REQUIREMENT: Each line holding the string "known" is to be copied from the data.

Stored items
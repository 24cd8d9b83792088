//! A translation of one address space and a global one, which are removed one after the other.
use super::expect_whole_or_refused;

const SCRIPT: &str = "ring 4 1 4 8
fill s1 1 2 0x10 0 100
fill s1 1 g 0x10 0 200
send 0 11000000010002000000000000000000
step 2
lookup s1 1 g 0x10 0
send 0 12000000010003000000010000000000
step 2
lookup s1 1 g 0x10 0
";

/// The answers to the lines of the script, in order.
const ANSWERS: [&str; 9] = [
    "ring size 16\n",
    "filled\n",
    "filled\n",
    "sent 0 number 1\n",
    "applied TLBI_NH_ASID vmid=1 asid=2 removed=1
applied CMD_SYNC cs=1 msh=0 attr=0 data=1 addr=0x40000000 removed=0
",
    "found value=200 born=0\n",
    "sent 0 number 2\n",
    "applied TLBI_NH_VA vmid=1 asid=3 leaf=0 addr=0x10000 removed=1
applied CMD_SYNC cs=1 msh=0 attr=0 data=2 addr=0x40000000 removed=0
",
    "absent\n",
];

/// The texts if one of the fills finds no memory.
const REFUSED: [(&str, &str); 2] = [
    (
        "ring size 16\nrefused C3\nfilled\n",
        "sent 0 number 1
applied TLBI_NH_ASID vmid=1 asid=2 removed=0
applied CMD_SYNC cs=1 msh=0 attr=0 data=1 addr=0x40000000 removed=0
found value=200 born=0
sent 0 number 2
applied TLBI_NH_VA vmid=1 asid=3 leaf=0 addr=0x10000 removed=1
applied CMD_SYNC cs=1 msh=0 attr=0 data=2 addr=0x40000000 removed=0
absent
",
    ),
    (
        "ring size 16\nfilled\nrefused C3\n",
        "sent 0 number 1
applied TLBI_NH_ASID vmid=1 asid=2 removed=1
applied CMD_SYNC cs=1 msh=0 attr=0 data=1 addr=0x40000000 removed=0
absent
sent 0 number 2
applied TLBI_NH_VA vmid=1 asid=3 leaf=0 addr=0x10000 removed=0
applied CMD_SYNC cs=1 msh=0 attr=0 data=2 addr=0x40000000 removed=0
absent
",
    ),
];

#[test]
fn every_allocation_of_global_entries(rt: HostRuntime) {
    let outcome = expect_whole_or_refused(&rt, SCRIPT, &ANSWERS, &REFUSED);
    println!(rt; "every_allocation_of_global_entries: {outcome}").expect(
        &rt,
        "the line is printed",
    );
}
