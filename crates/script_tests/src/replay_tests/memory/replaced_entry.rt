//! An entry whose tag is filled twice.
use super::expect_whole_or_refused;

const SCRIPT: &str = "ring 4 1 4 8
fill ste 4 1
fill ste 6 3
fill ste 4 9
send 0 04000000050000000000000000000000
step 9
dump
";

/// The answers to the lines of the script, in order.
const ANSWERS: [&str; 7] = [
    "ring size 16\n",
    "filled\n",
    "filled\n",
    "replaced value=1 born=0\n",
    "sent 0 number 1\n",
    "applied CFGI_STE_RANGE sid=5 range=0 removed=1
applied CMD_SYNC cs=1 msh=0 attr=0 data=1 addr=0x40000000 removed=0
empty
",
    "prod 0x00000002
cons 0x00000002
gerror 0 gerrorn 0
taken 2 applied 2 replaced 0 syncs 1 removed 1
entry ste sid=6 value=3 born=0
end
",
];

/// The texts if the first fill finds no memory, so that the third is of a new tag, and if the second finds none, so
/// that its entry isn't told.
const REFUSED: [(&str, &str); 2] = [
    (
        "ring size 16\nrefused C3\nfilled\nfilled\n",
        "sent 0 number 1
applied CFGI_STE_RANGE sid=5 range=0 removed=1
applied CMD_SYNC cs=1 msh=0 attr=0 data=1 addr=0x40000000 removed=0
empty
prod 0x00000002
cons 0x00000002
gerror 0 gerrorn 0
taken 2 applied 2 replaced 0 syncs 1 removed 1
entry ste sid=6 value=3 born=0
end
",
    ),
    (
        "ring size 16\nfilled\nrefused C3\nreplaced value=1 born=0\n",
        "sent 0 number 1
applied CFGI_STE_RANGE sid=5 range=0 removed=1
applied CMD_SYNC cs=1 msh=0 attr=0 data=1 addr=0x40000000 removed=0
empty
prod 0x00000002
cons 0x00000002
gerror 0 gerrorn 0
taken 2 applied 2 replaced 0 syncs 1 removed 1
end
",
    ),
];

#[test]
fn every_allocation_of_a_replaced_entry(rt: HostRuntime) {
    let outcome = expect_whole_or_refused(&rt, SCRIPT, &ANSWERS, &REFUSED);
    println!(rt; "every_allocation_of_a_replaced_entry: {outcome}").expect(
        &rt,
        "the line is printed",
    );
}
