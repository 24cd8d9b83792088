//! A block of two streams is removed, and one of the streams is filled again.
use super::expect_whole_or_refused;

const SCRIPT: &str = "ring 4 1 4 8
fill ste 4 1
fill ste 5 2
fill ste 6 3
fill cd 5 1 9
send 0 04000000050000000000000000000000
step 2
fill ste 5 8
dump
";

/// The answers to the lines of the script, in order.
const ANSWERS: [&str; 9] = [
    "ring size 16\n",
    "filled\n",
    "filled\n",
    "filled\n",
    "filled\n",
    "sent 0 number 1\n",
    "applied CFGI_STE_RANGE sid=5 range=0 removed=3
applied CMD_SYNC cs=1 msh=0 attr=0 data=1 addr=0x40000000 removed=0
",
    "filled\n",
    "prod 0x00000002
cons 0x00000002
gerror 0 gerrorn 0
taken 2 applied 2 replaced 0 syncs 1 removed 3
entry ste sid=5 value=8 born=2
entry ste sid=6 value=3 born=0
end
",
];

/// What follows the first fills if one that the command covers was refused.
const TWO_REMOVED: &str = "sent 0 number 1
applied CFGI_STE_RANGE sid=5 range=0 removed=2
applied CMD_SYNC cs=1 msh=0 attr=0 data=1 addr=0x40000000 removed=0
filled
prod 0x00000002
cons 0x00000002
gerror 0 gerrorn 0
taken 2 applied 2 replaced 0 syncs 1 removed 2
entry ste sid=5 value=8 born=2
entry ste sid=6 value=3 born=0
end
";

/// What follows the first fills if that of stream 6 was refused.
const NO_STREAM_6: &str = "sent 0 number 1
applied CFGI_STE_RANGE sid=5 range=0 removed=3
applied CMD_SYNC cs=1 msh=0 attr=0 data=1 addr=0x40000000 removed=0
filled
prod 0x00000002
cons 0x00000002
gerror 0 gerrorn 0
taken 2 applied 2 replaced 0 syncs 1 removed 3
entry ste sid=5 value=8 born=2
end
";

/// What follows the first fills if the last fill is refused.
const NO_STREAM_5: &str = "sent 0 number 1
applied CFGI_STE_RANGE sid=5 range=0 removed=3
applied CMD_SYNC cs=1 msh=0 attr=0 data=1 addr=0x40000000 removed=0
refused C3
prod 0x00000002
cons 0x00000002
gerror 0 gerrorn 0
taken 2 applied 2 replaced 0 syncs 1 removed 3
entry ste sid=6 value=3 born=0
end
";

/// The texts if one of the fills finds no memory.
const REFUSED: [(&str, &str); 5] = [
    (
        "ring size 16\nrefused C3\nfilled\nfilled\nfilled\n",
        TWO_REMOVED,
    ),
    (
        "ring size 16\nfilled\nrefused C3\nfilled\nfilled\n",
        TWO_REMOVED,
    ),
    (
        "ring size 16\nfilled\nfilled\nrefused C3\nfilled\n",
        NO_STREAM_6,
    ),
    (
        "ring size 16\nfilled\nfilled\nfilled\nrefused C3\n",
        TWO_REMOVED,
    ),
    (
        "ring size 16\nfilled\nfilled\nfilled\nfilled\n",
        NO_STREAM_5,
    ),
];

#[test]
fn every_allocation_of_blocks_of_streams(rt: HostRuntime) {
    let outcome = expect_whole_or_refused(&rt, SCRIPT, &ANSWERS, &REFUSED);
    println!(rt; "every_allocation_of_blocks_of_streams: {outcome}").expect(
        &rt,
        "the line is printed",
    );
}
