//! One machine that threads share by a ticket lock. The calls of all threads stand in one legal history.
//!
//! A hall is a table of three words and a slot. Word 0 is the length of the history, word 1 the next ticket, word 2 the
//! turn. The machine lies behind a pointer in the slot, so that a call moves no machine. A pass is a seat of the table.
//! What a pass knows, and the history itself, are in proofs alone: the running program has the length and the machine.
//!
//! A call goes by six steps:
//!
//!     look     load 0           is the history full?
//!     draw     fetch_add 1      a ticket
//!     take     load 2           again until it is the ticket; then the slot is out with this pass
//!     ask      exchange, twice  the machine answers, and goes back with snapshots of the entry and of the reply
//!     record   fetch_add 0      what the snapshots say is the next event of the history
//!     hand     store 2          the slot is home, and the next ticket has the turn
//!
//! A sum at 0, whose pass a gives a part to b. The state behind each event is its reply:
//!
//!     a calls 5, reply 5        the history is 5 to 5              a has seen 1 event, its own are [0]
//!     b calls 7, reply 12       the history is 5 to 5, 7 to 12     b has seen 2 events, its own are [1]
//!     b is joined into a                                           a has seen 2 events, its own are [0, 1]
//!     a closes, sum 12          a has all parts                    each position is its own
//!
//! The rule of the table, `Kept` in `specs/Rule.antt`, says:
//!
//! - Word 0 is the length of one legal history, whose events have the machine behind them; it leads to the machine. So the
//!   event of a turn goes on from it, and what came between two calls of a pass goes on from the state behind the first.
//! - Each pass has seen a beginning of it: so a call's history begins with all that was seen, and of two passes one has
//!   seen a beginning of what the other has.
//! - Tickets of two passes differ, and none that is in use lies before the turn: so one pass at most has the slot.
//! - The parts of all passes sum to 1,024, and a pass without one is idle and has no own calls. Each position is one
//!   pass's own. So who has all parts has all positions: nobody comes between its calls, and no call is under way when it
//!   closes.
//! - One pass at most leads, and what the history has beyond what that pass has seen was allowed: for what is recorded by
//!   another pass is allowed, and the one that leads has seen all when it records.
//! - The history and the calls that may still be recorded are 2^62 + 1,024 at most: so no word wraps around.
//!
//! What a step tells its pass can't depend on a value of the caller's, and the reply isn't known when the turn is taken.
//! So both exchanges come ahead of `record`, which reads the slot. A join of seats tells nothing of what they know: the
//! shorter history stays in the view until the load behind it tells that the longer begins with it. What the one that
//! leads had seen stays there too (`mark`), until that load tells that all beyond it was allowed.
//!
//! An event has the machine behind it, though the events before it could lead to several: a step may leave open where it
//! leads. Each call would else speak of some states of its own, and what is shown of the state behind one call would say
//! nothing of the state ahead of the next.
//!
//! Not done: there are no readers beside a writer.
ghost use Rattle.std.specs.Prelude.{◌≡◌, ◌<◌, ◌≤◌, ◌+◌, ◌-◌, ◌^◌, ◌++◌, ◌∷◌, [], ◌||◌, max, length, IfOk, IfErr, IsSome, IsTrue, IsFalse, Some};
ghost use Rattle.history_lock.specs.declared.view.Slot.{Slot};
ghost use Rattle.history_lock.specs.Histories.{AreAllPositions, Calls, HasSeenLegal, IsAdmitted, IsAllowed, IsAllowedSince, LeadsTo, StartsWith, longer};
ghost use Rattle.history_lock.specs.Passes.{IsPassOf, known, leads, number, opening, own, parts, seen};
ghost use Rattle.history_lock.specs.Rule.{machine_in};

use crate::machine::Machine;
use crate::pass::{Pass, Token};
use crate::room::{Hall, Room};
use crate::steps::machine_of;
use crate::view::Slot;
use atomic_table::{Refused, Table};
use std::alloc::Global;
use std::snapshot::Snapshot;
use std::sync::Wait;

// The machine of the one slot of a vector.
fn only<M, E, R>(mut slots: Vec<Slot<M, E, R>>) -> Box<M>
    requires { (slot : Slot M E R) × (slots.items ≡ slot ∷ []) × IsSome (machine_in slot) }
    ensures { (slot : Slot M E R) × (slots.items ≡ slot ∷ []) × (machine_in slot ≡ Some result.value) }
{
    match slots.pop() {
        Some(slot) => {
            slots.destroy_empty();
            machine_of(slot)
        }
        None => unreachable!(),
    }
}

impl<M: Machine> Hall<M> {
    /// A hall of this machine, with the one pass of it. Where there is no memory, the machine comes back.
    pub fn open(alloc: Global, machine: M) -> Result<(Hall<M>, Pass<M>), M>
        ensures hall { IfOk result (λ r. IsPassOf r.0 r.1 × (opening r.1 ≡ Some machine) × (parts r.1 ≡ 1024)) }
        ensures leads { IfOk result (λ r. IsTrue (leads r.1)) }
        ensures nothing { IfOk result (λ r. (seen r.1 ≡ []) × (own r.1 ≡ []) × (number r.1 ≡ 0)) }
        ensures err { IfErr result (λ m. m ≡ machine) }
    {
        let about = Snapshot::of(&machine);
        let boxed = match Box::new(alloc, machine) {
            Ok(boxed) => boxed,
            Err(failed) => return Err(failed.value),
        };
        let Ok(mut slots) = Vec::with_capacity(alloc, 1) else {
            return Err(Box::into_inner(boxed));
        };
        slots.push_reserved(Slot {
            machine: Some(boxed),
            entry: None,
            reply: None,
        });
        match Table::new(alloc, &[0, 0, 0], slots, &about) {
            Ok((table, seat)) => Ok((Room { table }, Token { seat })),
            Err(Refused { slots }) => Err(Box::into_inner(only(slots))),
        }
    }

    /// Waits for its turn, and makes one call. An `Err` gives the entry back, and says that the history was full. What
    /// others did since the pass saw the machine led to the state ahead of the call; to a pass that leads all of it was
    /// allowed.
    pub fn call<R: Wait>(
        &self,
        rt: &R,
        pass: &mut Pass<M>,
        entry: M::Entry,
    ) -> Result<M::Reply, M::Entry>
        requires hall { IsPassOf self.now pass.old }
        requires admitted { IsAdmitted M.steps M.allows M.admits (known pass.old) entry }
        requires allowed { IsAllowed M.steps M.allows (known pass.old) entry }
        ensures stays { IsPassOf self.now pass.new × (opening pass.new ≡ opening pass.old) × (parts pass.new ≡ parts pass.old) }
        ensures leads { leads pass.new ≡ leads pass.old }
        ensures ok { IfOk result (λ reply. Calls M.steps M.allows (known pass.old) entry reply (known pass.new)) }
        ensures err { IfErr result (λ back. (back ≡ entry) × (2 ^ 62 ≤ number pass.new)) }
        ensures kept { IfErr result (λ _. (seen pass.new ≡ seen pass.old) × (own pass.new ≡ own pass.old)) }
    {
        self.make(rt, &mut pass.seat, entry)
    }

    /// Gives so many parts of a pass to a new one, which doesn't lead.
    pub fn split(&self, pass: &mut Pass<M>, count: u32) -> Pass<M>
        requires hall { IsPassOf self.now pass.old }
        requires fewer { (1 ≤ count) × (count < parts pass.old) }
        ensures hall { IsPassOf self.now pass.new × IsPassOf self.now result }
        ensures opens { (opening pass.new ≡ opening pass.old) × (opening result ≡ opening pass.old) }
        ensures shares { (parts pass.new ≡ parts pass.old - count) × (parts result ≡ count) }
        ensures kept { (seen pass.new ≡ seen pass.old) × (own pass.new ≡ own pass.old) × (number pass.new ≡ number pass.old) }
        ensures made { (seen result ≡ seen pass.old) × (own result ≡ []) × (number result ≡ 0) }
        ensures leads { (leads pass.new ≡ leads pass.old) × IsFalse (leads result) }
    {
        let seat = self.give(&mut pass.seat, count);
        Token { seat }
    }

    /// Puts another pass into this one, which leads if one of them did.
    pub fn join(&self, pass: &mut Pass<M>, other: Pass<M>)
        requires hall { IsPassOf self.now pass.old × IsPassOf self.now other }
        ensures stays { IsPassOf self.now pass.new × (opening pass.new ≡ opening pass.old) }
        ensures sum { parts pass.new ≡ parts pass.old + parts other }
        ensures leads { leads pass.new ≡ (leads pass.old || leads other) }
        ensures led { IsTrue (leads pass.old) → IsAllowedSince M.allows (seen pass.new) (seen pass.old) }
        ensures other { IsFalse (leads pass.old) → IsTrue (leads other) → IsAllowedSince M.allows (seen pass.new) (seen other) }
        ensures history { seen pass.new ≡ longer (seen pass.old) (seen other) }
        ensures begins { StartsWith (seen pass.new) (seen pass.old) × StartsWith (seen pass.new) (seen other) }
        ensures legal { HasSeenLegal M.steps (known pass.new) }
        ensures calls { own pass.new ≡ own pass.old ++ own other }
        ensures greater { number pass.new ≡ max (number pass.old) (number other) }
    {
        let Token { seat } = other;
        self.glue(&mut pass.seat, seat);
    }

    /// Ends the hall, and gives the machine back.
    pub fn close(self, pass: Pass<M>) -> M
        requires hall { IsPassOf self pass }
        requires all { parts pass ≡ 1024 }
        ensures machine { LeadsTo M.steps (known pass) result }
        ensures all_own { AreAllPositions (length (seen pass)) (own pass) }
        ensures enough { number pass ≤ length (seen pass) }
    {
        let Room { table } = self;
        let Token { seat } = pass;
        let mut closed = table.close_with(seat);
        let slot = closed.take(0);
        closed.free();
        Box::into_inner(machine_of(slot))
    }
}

RESPONSE AREA:
//! What a step tells its pass can't depend on a value of the caller's, and the reply isn't known when the turn is taken.
ghost use Rattle.history_lock.specs.Passes.{IsPassOf, known, leads, number, opening, own, parts, seen};
        requires admitted { IsAdmitted M.steps M.allows M.admits (known pass.old) entry }
        requires allowed { IsAllowed M.steps M.allows (known pass.old) entry }
        ensures ok { IfOk result (λ reply. Calls M.steps M.allows (known pass.old) entry reply (known pass.new)) }
        ensures legal { HasSeenLegal M.steps (known pass.new) }
        ensures machine { LeadsTo M.steps (known pass) result }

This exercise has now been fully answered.